Perché sono contro il preside elettivo

Periodicamente ritorna il tema del preside elettivo, già caldeggiato dalla Gilda.

Scrive Reginaldo Palermo: Il conflitto docenti/dirigenti scolastici sembra ormai ad un punto di non ritorno, almeno se si deve prestare fede a ciò che si legge in rete. Non passa giorno senza che nei social si leggano commenti pesanti – talora ai limiti della diffamazione – nei confronti della categoria dei dirigenti scolastici.”

Ma non è con il preside elettivo che si risolve il conflitto. Occorre che il preside sia super partes e non prius inter pares, perché in tutte le organizzazioni, non solo in quella scolastica, vi è la necessità di autorità e di leadership.

La contrarietà all’elezione deriva non tanto dal selezionare le competenze per concorso, perché – come scrive Pasquale Almirante – quelle si possono trovare anche senza concorso.  

Il problema è che l’elezione del preside fa venir meno l’imparzialità; significa scendere a compromessi con gli “elettori” che non possono essere delusi, una volta che ti hanno dato il voto. Chi si ricorda di quando il vicepreside era elettivo e c’erano gli scontri tra i docenti per  candidarsi alla carica, sa di cosa parlo. Se ti mostravi poco duttile nel concedere certi “favori”, non si era più eletti.

Si dirà: ma noi proponiamo un preside  che viene eletto una sola volta, con scadenza di cinque anni.

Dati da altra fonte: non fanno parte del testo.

//! The numbers that leases have, in order. Contracts alone see them.
ghost use Rattle.std.specs.Prelude.{◌≡◌, ◌≤◌, ◌<◌, ◌^◌, None, IfOk, IsSome, length};
ghost use Rattle.std.specs.Ordering.{nat_cmp};
ghost use Rattle.std.specs.Map.{lookup, remove_entry};
ghost use Rattle.std.specs.BTreeMap.{btree_map_len, get, insert_entry, is_at};
ghost use Rattle.ordered_index.specs.MapSteps.{IsBlankMap, Inserts, Removes};
ghost use Rattle.ordered_index.specs.declared.slots.TheConstants.{MOST_SLOTS};

use ghost_notes::{GhostList, Naming};
use std::alloc::{AllocError, Global};
use std::marker::{Brand, Model};

/// Numbers, seen as the keys of an ordered map. Code knows how many they are, and no more, so they
/// take no octets each.
#[derive(Drop)]
pub(crate) struct Numbers {
    each: GhostList<(u64, ())>,
}

impl Model for Numbers {
    ghost use Rattle.std.specs.Prelude.{ℕ, ⊤};
    ghost use Rattle.std.specs.Coded.{coded_ℕ};
    ghost use Rattle.std.specs.BTreeMap.{BTreeMap as Map};
    ghost use Rattle.std_collections.specs.Layout.BTreeMap.{btree_map_code};
    ghost use Rattle.ordered_index.specs.Slots.{AreOrdered, order_of};
    ghost use base.Stored.{coded_unit};

    ghost Value = { Map ℕ ⊤ };

    ghost coded = { btree_map_code coded_ℕ coded_unit };

    ghost view = { λ n. order_of n.each };

    ghost invariant = { λ n. AreOrdered n.each };
}

/// Notes a number more.
fn note_more<B: Naming<(u64, ())>>(each: &mut GhostList<(u64, ())>, number: u64)
    requires items { B.items ≡ insert_entry nat_cmp each.old number tt }
    requires anew { lookup (is_at (nat_cmp number)) each.old ≡ None }
    requires few { length each.old ≤ MOST_SLOTS }
    ensures { each.new ≡ insert_entry nat_cmp each.old number tt }
{
    let count = each.len() + 1;
    each.set::<B>(count);
}

/// Notes a number less.
fn note_less<B: Naming<(u64, ())>>(each: &mut GhostList<(u64, ())>, number: u64)
    requires items { B.items ≡ remove_entry (is_at (nat_cmp number)) each.old }
    requires there { IsSome (lookup (is_at (nat_cmp number)) each.old) }
    ensures { each.new ≡ remove_entry (is_at (nat_cmp number)) each.old }
{
    let count = each.len() - 1;
    each.set::<B>(count);
}

impl Numbers {
    /// No number. The one error is want of memory.
    pub(crate) fn new(alloc: Global) -> Result<Numbers, AllocError>
        ensures { IfOk result (λ numbers. IsBlankMap nat_cmp numbers) }
    {
        Ok(Numbers {
            each: GhostList::none(alloc)?,
        })
    }

    /// Forgets all numbers.
    pub(crate) fn clear(&mut self)
        ensures { IsBlankMap nat_cmp self.new }
    {
        self.each.clear();
    }

    /// How many numbers there are.
    pub(crate) fn len(&self) -> usize
        ensures len { result ≡ btree_map_len self.now }
        ensures small { result < 2 ^ 32 }
    {
        self.each.len() as usize
    }

    /// A number more. It takes no memory.
    pub(crate) fn insert(&mut self, number: u64)
        requires anew { get nat_cmp self.old number ≡ None }
        requires few { btree_map_len self.old ≤ MOST_SLOTS }
        ensures { Inserts nat_cmp self.old self.new number tt }
    {
        note_more::<Brand>(&mut self.each, number);
    }

    /// A number less.
    pub(crate) fn remove(&mut self, number: u64)
        requires { IsSome (get nat_cmp self.old number) }
        ensures { Removes nat_cmp self.old self.new number }
    {
        note_less::<Brand>(&mut self.each, number);
    }
}
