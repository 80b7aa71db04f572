// What a record of a diary's stream prints, and its bytes (01, 'Program slot').
#![tactic(auto)]

mod lines;

use calendar::Refusal;
pub use lines::{put_refused, text};

// What a record prints; `Nothing` prints nothing. An enum of its own: the definition `line_of` reads it.
#[derive(Clone, Copy)]
pub enum Line {
    Nothing,
    Fit(u64, u64),
    None,
    Refused(Refusal),
}
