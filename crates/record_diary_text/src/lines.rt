// The lines that records print, as bytes (01, 'Program slot').
ghost use Rattle.std.specs.Prelude.{◌+◌, ◌≤◌, length};
ghost use Rattle.record_texts.specs.Text.{Put};
ghost use Rattle.record_diary_text.specs.Lines.{line_of, text_of, line as printed};
ghost use Rattle.timeline.specs.Ask.{fit, refused};

use crate::Line;
use record_texts::{put, put_number, put_value};

// `fit START END`.
fn put_fit(out: &mut [u8], at: usize, start: u64, end: u64) -> usize
    requires { at + 46 ≤ length out.old }
    ensures put { Put out.old at (text_of (printed (fit start end))) out.new result }
    ensures upper_bound { result ≤ at + 46 }
{
    let a = put(out, at, b"fit");
    let b = put_value(out, a, start);
    let c = put_value(out, b, end);
    put(out, c, b"\n")
}

// `refused N`, for any number.
pub fn put_refused(out: &mut [u8], at: usize, n: u8) -> usize
    requires { at + 46 ≤ length out.old }
    ensures put { Put out.old at (text_of (printed (refused n))) out.new result }
    ensures upper_bound { result ≤ at + 46 }
{
    let a = put(out, at, b"refused ");
    let b = put_number(out, a, u64::from(n));
    put(out, b, b"\n")
}

// Puts a line, at most 46 bytes, into out from `at` on, and answers where it ends.
pub fn text(line: Line, out: &mut [u8], at: usize) -> usize
    requires { at + 46 ≤ length out.old }
    ensures put { Put out.old at (text_of (line_of line)) out.new result }
    ensures upper_bound { result ≤ at + 46 }
{
    match line {
        Line::Nothing => at,
        Line::Fit(start, end) => put_fit(out, at, start, end),
        Line::None => put(out, at, b"none\n"),
        Line::Refused(refusal) => put_refused(out, at, refusal.number()),
    }
}
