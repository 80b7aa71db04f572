// Committing: each entry of a placement is booked in its diary (the loop over a placement's selections in `schedule`,
// scheduler/simple.rs; 01, 'Committing'). Its checks are the crate `commit_checks`.
#![tactic(auto)]

ghost use Rattle.std.specs.Prelude.{◌≡◌, true, ◌<◌};
ghost use Rattle.calendar.specs.Limits.{UnitsInRange};
ghost use Rattle.timeline.specs.Valid as timeline;
ghost use Rattle.board.specs.Replies.{entered_of};
ghost use Rattle.scheduler.specs.Committing.{line_with, booked, commit_reply, Bookable};

use board::{Board, Resource};
use calendar::Refusal;
use commit_checks::lines_refusal;
use scheduler::rows::{Row, is_companion, number_in, units_in};

// The resource with a booking more; one with a matrix takes the category, unless it is a companion.
fn book_on(r: Resource, start: u64, end: u64, category: u8, units: u32, companion: bool) -> Resource
    requires { (timeline.valid r.timeline ≡ true) × (r.timeline.len < 64) × Bookable start end category × UnitsInRange units }
    ensures { result ≡ booked start end category (line_with r.number units companion) r }
{
    let timeline = r.timeline.book(start, end, units).timeline;
    let booked = Resource { timeline, ..r };
    if r.matrix.present && !companion {
        board::with_last(booked, Some(category))
    } else {
        booked
    }
}

// Books the first `count` entries of the slate, or refuses: a board that breaks the rules; no entries: accepted; a count above the slate;
// then its rows. The slate comes whole with the count beside it, as refusal 7 is for a count above the slate.
pub fn commit(
    b: Board,
    slate: &[Row],
    count: usize,
    start: u64,
    end: u64,
    category: u8,
) -> Result<Board, Refusal>
    ensures { entered_of b result ≡ commit_reply b slate.now count start end category }
{
    let p = board_rules::places_of(b).ok_or(Refusal::Invalid)?;
    if count == 0 {
        return Ok(b);
    }
    if count > slate.len() {
        return Err(Refusal::Slate);
    }
    let rows = &slate[..count];
    lines_refusal(&p, rows, start, end, category)?;
    let mut board = b;
    for row in rows {
        let number = number_in(*row) as usize;
        let place = p.places[number];
        board.resources[place] = book_on(
            board.resources[place],
            start,
            end,
            category,
            units_in(*row) as u32,
            is_companion(*row),
        );
    }
    Ok(board)
}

E’ ancora peggio, perché si cristallizzeranno difetti che quando uno è eletto magari non sono emersi.

Il contratto di un dirigente scolastico, invece, scade dopo tre anni, alla fine dei quali c’è una valutazione da parte di un organismo esterno che gli può confermare l’incarico o meno.

Vi immaginate, poi, il preside “eletto” che valuta i docenti che lo hanno eletto?

A meno che non si è contro la valutazione dei docenti, quindi non è con la semplificazione di un preside elettivo che si sciolgono i nodi.

Piuttosto  la soluzione sta nel creare un “middle management”, un corpo intermedio di docenti che aiuti il dirigente scolastico, riconoscendo una carriera agli insegnanti.

E per mantenere la democrazia della scuola (senza che il preside diventi un autocrate), occorre che ci sia un bilanciamento dei poteri tra dirigenza scolastica, collegio dei docenti e consiglio d’istituto.